• _Study material_
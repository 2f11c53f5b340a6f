//! The command `simulate`.
ghost use Rattle.std.specs.Prelude.{◌≡◌, ◌≤◌, ◌∷◌, true, IfOk, IsTrue, MatchResult, OnOk};
ghost use Rattle.a429_arguments.specs.Requests.{asked_of};
ghost use Rattle.a429_console.specs.Readings.{HasRead};
ghost use Rattle.a429_console.specs.Outputs.{CountsFault};
ghost use Rattle.a429_console.specs.RefusalText.{OrMemory};
ghost use Rattle.a429_console.specs.Replying.{HasReplied};
ghost use Rattle.a429_given.specs.GivenPlans.{IsNoGivenPlan};
ghost use Rattle.a429_given.specs.GivenTables.{table_texts};
ghost use Rattle.a429_recordings.specs.CellLines.{IsBeginOfSlot};
ghost use Rattle.a429_recordings.specs.CloseWords.{AreSpaced};
ghost use Rattle.a429_recordings.specs.LogItems.{PassesNone};
ghost use Rattle.a429_recordings.specs.SimulationReplies.{BeginsLog, BeginsNoLog, HasPrinted, HasPrintedLines, HasSummary, IsAskedSimulation, IsPreparing, IsWriterOf, IsSimulationReading, PassesNoAskedLine, PutsLines, RepliesSummary, SimulatesAskedSpacedWords, SimulationIsReady, files_of, line_style};
ghost use Rattle.a429_recordings.specs.SimulationRuns.{CanBePlayed, HasStationNames};

mod close;
mod figures;
mod lines;
mod log;
mod machine;
mod moments;
mod playing;
mod summary_rows;
mod tracks;

use crate::logs::keeping::bytes_in;
use crate::logs::reading_for;
use crate::logs::views::LogView;
use crate::simulate::close::close_receiver;
use crate::simulate::figures::Summary;
use crate::simulate::lines::{LineStyle, LineWriter, PendingLines};
use crate::simulate::log::read_words;
use crate::simulate::playing::Player;
use crate::simulate::summary_rows::summary_sheet;
use a429_arguments::options::OptionName;
use a429_arguments::requests::Asked;
use a429_console::answered::{Answered, plain_answer};
use a429_console::files::FileReader;
use a429_console::files::reading::read_logs;
use a429_console::hints::warnings::Warning;
use a429_console::output::endings::{finish, refuse_memory};
use a429_console::output::{Output, OutputFault};
use a429_console::refusals::{Refused, refuse};
use a429_console::reply::{Reply, put_reply};
use a429_given::{GivenTable, TableNames};
use a429_logs::Reading;
use a429_replay::{Names, put_if_full};
use a429_text::SheetForm;
use std::alloc::{AllocError, Global};

/// What a simulation prints, the summary or lines, and in which form or style; and until when in microseconds it asks for
/// cells.
#[derive(Clone, Copy)]
pub struct SimulationForm<'a> {
    pub until: Option<u64>,
    pub summary: bool,
    pub style: LineStyle,
    pub form: SheetForm,
    /// How the first line of the log is read.
    pub reading: Reading<'a>,
}

impl<'a> SimulationForm<'a> {
    ghost use Rattle.a429_arguments.specs.Requests.{asked_of};
    ghost use Rattle.a429_recordings.specs.SimulationReplies.{IsSimulationForm};

    /// The form that a request asks for.
    pub fn of(asked: &'a Asked<'_>) -> SimulationForm<'a>
        ensures { IsSimulationForm (asked_of asked.now).given result }
    {
        SimulationForm {
            until: asked.long_number(OptionName::Until),
            summary: asked.has(OptionName::Summary),
            style: line_style(asked.has(OptionName::Sent), asked.form()),
            form: asked.form(),
            reading: reading_for(asked),
        }
    }
}

/// How lines are written, by whether only the words that are sent have one, and by the form of what is printed.
fn line_style(sent: bool, form: SheetForm) -> LineStyle
    ensures { result ≡ line_style sent form }
{
    match (sent, form) {
        (true, _) => LineStyle::Log,
        (false, SheetForm::Csv) => LineStyle::Commas,
        (false, _) => LineStyle::Spaces,
    }
}

/// The bytes of the files that a simulation reads, and which words of the logs are taken.
#[derive(Drop)]
struct SimulationInput<'a> {
    table: GivenTable,
    logs: Vec<Vec<Vec<u8>>>,
    view: LogView<'a>,
}

/// What is simulated, before anything has happened: what the lines are written with, and a timeline on a station.
struct Simulation {
    writer: LineWriter,
    player: Player,
}

// Written by hand, a drop is one call in the proofs of its owners.
impl Drop for Simulation {
    fn drop(self) {
        let Self {
            writer: _,
            player: _,
        } = self;
    }
}

/// Reads the files that a request names.
fn read_input<'a, F: FileReader>(
    alloc: Global,
    files: &mut F,
    asked: &'a Asked<'_>,
) -> Result<SimulationInput<'a>, Refused>
    ensures { HasRead F.answers (λ file. IsSimulationReading file (asked_of asked.now) result) files.old files.new }
{
    let table = GivenTable::read(alloc, files, TableNames::of(asked))?;
    let logs = read_logs(alloc, files, asked.second, &asked.more)?;
    Ok(SimulationInput {
        table,
        logs,
        view: LogView::whole(asked),
    })
}

/// The station of a table. Error: there is no plan.
fn read_station(alloc: Global, table: &GivenTable, style: LineStyle) -> Result<LineWriter, Refused>
    ensures { MatchResult result (IsWriterOf (table_texts table.now) style) (OrMemory (IsNoGivenPlan (table_texts table.now))) }
{
    let proposal = table.propose(alloc)?;
    let names = Names::of(alloc, proposal.equipment())?;
    Ok(LineWriter {
        proposal,
        names,
        style,
    })
}

/// Logs on a station, with slots up to the time that the form asks for. Error: the log is refused, or a group would send
/// too much.
fn read_player<'a, F: FileReader>(
    alloc: Global,
    files: &F,
    writer: &LineWriter,
    input: &'a SimulationInput<'a>,
    form: SimulationForm<'a>,
    warnings: &mut Vec<Warning>,
) -> Result<Player, Refused>
    ensures silent { PassesNone form.entry.reading (files_of input.now).logs → warnings.new.items ≡ warnings.old.items }
    ensures player { MatchResult result (BeginsLog writer.now (files_of input.now) form.entry)
        (OrMemory (BeginsNoLog writer.now (files_of input.now) form.entry)) }
{
    let words = read_words(
        alloc,
        files,
        &writer.names,
        input.view,
        form.reading,
        &input.logs,
        warnings,
    )?;
    Player::open(alloc, &writer.proposal, words, form.until)
}

/// What is simulated. Error: the table, its plan or the log is refused, or a group would send too much.
fn prepare<'a, F: FileReader>(
    alloc: Global,
    files: &F,
    input: &'a SimulationInput<'a>,
    form: SimulationForm<'a>,
    warnings: &mut Vec<Warning>,
) -> Result<Simulation, Refused>
    ensures silent { PassesNone form.entry.reading (files_of input.now).logs → warnings.new.items ≡ warnings.old.items }
    ensures prepared { IsPreparing (files_of input.now) form.entry result }
{
    let writer = read_station(alloc, &input.table, form.style)?;
    let player = read_player(alloc, files, &writer, input, form, warnings)?;
    Ok(Simulation { writer, player })
}

/// Notes a receiver, if the words of the log come to it too closely.
fn note_close_words(simulation: &Simulation, warnings: &mut Vec<Warning>)
    ensures { AreSpaced simulation.now.player.timeline.words.items → warnings.new.items ≡ warnings.old.items }
{
    let Some(receiver) = close_receiver(simulation.player.words()) else {
        return;
    };
    let receivers = simulation.writer.proposal.equipment().receivers();
    if let Some(row) = receivers.get(usize::from(receiver)) {
        Warning::note_close_words(warnings, row.name);
    }
}

/// After how many steps it is shown again how much is done.
const STRIDE: usize = 1 << 14;

/// The files of a simulation, and how many bytes its logs have, to show how much is done.
#[derive(Clone, Copy)]
struct PlayedFiles<'a, F> {
    files: &'a F,
    bytes: usize,
}

impl<F: FileReader> PlayedFiles<'_, F> {
    /// Shows how much is done after this number of steps, now and then.
    fn show(&self, steps: usize, player: &Player) {
        if steps % STRIDE == 0 {
            self.files
                .show_done(player.bytes_played(self.bytes), self.bytes);
        }
    }
}

/// Plays what is simulated to its end, and puts lines out when they have become many; those that are left are in `lines`.
/// Whether memory sufficed for all.
fn put_lines<F: FileReader, O: Output>(
    played: PlayedFiles<'_, F>,
    writer: &LineWriter,
    player: &mut Player,
    lines: &mut PendingLines,
    out: &mut O,
) -> Result<bool, OutputFault>
    requires names { HasStationNames writer.now.names writer.now.proposal }
    requires playable { CanBePlayed writer.now.proposal player.old }
    requires begin { IsBeginOfSlot writer.now.proposal writer.now.style lines.old.begin }
    ensures put { PutsLines O.contents writer.now.proposal writer.now.style player.old out.old out.new
        lines.old.text.items lines.new.text.items result }
    ensures faults { CountsFault result (O.failures out.old) (O.failures out.new) }
{
    let mut steps: usize = 0;
    while let Some(happening) = player.next(&writer.proposal) {
        let Ok(()) = writer.push(lines, happening) else {
            return Ok(false);
        };
        put_if_full(&mut lines.text, out)?;
        steps = steps.wrapping_add(1);
        played.show(steps, player);
    }
    played.files.show_end();
    Ok(true)
}

/// Plays what is simulated, and puts the lines of that. If an allocation fails before the end, these lines end with
/// `refused memory`.
fn print_lines<F: FileReader, O: Output>(
    alloc: Global,
    played: PlayedFiles<'_, F>,
    simulation: &mut Simulation,
    out: &mut O,
) -> Result<u8, OutputFault>
    requires { SimulationIsReady simulation.old }
    ensures printed { HasPrintedLines simulation.old (O.contents out.old) (O.contents out.new) result }
    ensures status { IfOk result (λ status. status ≤ 1) }
    ensures flushed { OnOk result (IsTrue (O.is_flushed out.new)) }
    ensures faults { CountsFault result (O.failures out.old) (O.failures out.new) }
{
    let writer = &simulation.writer;
    let Ok(mut lines) = PendingLines::open(alloc, writer.style) else {
        return refuse_memory(out);
    };
    let sufficed = put_lines(played, writer, &mut simulation.player, &mut lines, out)?;
    finish(&lines.text, sufficed, out)
}

/// Plays what is simulated to its end: the summary of that in a form. Error: an allocation failed.
fn summarize<F: FileReader>(
    alloc: Global,
    played: PlayedFiles<'_, F>,
    writer: &LineWriter,
    player: &mut Player,
    form: SheetForm,
) -> Result<Vec<u8>, AllocError>
    requires { CanBePlayed writer.now.proposal player.old }
    ensures { IfOk result (λ text. HasSummary writer.now player.old form text.items) }
{
    let mut summary = Summary::open(alloc)?;
    let mut steps: usize = 0;
    while let Some(happening) = player.next(&writer.proposal) {
        summary.note(&writer.proposal, happening);
        steps = steps.wrapping_add(1);
        played.show(steps, player);
    }
    played.files.show_end();
    summary_sheet(alloc, &writer.proposal, &summary).render(alloc, form)
}

/// Plays what is simulated to its end: the reply is the summary of that in a form. Error: an allocation failed.
fn summary_reply<F: FileReader>(
    alloc: Global,
    played: PlayedFiles<'_, F>,
    simulation: &mut Simulation,
    form: SheetForm,
) -> Result<Reply, Refused>
    requires { SimulationIsReady simulation.old }
    ensures { RepliesSummary simulation.old form result }
{
    let Simulation { writer, player } = simulation;
    let text = summarize(alloc, played, writer, player, form)?;
    Ok(Reply::done(text))
}

/// Plays what is simulated, and puts the summary of that, or its lines.
fn print_simulation<F: FileReader, O: Output>(
    alloc: Global,
    played: PlayedFiles<'_, F>,
    simulation: &mut Simulation,
    form: SimulationForm<'_>,
    out: &mut O,
) -> Result<Answered, OutputFault>
    requires ready { SimulationIsReady simulation.old }
    requires style { simulation.old.writer.style ≡ form.style }
    ensures printed { HasPrinted simulation.old form.entry (O.contents out.old) (O.contents out.new) result }
    ensures status { IfOk result (λ status. status ≤ 1) }
    ensures flushed { OnOk result (IsTrue (O.is_flushed out.new)) }
    ensures faults { CountsFault result (O.failures out.old) (O.failures out.new) }
{
    if form.summary {
        let reply = summary_reply(alloc, played, simulation, form.form);
        put_reply(alloc, reply, 1, out)
    } else {
        plain_answer(print_lines(alloc, played, simulation, out))
    }
}

/// Plays the words of logs on the station of a table, by its own plan or that of a plan text, at their times. It puts a line for each word that is sent or
/// refused, or only for those that are sent, or instead the summary of what each output sent. A refusal is one line
/// instead. The status is 0, or 1 after a refusal, or if an allocation fails after the first lines. A receiver to which
/// words come too closely is noted, and so is what is passed over in a log. Error: the output failed.
pub fn simulate<F: FileReader, O: Output>(
    alloc: Global,
    files: &mut F,
    asked: &Asked,
    warnings: &mut Vec<Warning>,
    out: &mut O,
) -> Result<Answered, OutputFault>
    ensures simulated { HasReplied F.answers O.contents (λ file. IsAskedSimulation file (asked_of asked.now))
        files.old files.new out.old out.new result }
    ensures silent { HasRead F.answers
        (λ file. PassesNoAskedLine file ((asked_of asked.now).second ∷ (asked_of asked.now).more) (asked_of asked.now).given
        → SimulatesAskedSpacedWords file (asked_of asked.now) → warnings.new.items ≡ warnings.old.items) files.old files.new }
    ensures status { IfOk result (λ status. status ≤ 1) }
    ensures flushed { OnOk result (IsTrue (O.is_flushed out.new)) }
    ensures faults { CountsFault result (O.failures out.old) (O.failures out.new) }
{
    let form = SimulationForm::of(asked);
    let input = match read_input(alloc, files, asked) {
        Ok(input) => input,
        Err(refusal) => return refuse(alloc, refusal, out),
    };
    match prepare(alloc, files, &input, form, warnings) {
        Ok(mut simulation) => {
            note_close_words(&simulation, warnings);
            let bytes = bytes_in(&input.logs);
            let played = PlayedFiles { files, bytes };
            print_simulation(alloc, played, &mut simulation, form, out)
        }
        Err(refusal) => refuse(alloc, refusal, out),
    }
}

• _Action item_
Write out exactly the lines above from the line with "show how much is done." through the line with "-> Result<bool, OutputFault>", both of them included, and leave out all other lines.

• _Solution below_
/// The files of a simulation, and how many bytes its logs have, to show how much is done.
#[derive(Clone, Copy)]
struct PlayedFiles<'a, F> {
    files: &'a F,
    bytes: usize,
}

impl<F: FileReader> PlayedFiles<'_, F> {
    /// Shows how much is done after this number of steps, now and then.
    fn show(&self, steps: usize, player: &Player) {
        if steps % STRIDE == 0 {
            self.files
                .show_done(player.bytes_played(self.bytes), self.bytes);
        }
    }
}

/// Plays what is simulated to its end, and puts lines out when they have become many; those that are left are in `lines`.
/// Whether memory sufficed for all.
fn put_lines<F: FileReader, O: Output>(
    played: PlayedFiles<'_, F>,
    writer: &LineWriter,
    player: &mut Player,
    lines: &mut PendingLines,
    out: &mut O,
) -> Result<bool, OutputFault>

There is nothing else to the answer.